Cell phone in his front. I took both.

"I
have some cash," he said, the fear still in his timbre. "In a box in
my closet. A few hundred dollars."

"Why
aren't you at work?"

"What?"

"Work.
You said you were on call."

"Last
minute thing. A buddy phoned, wanted to trade shifts."  He gave a
strangled laugh.  "Is this what you do, meet guys online then break into
their homes when you think they're at work?"

He
seemed genuine. But all operatives took acting lessons. I could go from
laughter to tears in an eyeblink, just like Meryl Streep. But I doubted Meryl
could kill a man eighteen ways using just her thumb.

"Hands
behind your back. Cross them at the wrists."

I
increased the pressure on his neck, digging a zip tie out of my pocket. It was
a white plastic strip, eighteen inches long, made for bundling cable. In a
quick motion I stuck the .22 under my armpit and encircled his hands with the
tie, snugging it tight.

"I
didn't think I even gave you my address," he said.

"You
didn't."

He
made a sucking sound. "I think you knocked one of my teeth loose. This is
a pretty awful first date, if I may say."

I
took note of his attempt at humor but didn't acknowledge it.
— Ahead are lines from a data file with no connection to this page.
// The public calls. A call on words is told the version. None has a `requires`: every sequence of words or bytes and every lent output gets its
// reply, and a refusal leaves the output as it was. `Allows` says of each call which outcomes are allowed, and exactly one is.

#![tactic(auto)]

ghost use Rattle.language.specs.Setting.{in_version};
ghost use Rattle.rules.specs.PublicCalls.{Call, Allows};

use files::{Form, Unpacked};
use language::{Fault, Refusal};

// Whether the words are a rule.
pub fn check(version: u16, words: &[u16]) -> Result<(), Refusal>
    ensures { Allows (Call.check (in_version version) words.now) result }
{
    reading::check(version, words)
}

// How many words the image of a rule has.
pub fn measure(version: u16, words: &[u16]) -> Result<usize, Refusal>
    ensures { Allows (Call.measure (in_version version) words.now) result }
{
    reading::measure(version, words)
}

// Writes the image of a rule at the front of the output, and gives its word count.
#[tactic(auto, using(crate::proofs::Ways::w_refused))]
pub fn write(out: &mut [u16], version: u16, words: &[u16]) -> Result<usize, Refusal>
    ensures { Allows (Call.write (in_version version) words.now out.old) (result, out.new) }
{
    let count = reading::measure(version, words)?;
    if out.len() < count {
        return Err(Fault::NoRoom.into());
    }
    Ok(writing::write_image(out, words))
}

// Writes the file of the words, of the form and in the version told, at the front of the output, and gives the bytes written.
pub fn pack(out: &mut [u8], form: Form, version: u16, words: &[u16]) -> Result<usize, Refusal>
    ensures { Allows (Call.pack form version words.now out.old) (result, out.new) }
{
    files::pack(out, form, version, words)
}

// Writes the words of a file, of the form told, at the front of the output, and gives the file's version and how many words. Reads no terms.
pub fn unpack(out: &mut [u16], form: Form, bytes: &[u8]) -> Result<Unpacked, Refusal>
    ensures { Allows (Call.unpack form bytes.now out.old) (result, out.new) }
{
    files::unpack(out, form, bytes)
}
Nerves talking? Or
cool under pressure? At this stage I couldn't tell. "Ankles together, then
bend your knees so I can reach your feet."

He
obeyed, and I cinched another zip tie around his feet, noting he had on socks
with a White Sox logo.

"Now
what? You kill me?"

"That
depends on you, Victor. I'd like to trust you, but some things are happening in
my life that make me incapable of that."

"If
you'd like to talk about some of those things, I'm a captive audience."

The
normal me might have smirked. The normal me liked this guy. But I couldn't
afford to let the normal me do the thinking now. I unslung my duffle and fished
out the med kit. It took a few seconds to find the vial of amobarbital. I
judged his weight to be a hundred ninety, filled the syringe with an
appropriate dose, and shoved it into his biceps as I pressed the plunger.

Victor
bucked, throwing me onto my ass, but I'd managed to give him the full dose. He
twisted to face me, the needle still sticking out of his arm.

"What
did you do?"

"It's
a sedative. You'll sleep for a few hours."

He
blinked, his eyelids already getting heavy. "W…why?"

"I
need your apartment for a little while. If you've been telling me the truth,
when you wake up I'll be gone. If I discover you've been lying to me, about
anything at all, you won't wake up."

"L…
lousy first date."

Then
his eyes fluttered shut and his head hit the carpet.

My
to-do list was growing exponentially. I needed to toss Victor's place to see if
he was just an unlucky civilian or somehow part of this whole mess. I also had
to tend to my injuries, find a shoulder bag like Cory had specified, figure out
who that hit woman was, access the DoD database, try to contact Jacob, learn
the extent of my frame-up, and form a plan to handle Cory and get Kaufmann back
unharmed—a plan that was already way behind because my duffle bag only
contained 10k and not the 30k Cory had demanded.

I
prioritized, doing a quick tour of the apartment to make sure it was empty. It
was, except for an incredibly obese calico who meowed when she saw me.

"Hello,
Mozart." I tickled her chin and she purred.

I
found the bathroom, shedding my clothes and checking out the medicine cabinet.
It was stocked full of bandages, first-aid supplies, and various professional
equipment. Exactly what would be expected from a paramedic, which is what
Victor supposedly was. I stripped off my bra, brushing away the remnants of the
damp pills I'd stuffed inside earlier, and checked my injuries in the mirror
over the sink.

I
was a mess, cut up and bruised and swollen over much of my body. The worst was
my shoulder, bright pink and puffy. I didn't have time to properly clean or
tape any of my wounds, so I slathered on a whole tube of antibiotic ointment,
gave myself a booster shot of Demerol, and swallowed four aspirin and some
amphetamine salts from my kit. Then I shoved my clothing and gym shoes into the
dryer in the closet near the kitchen.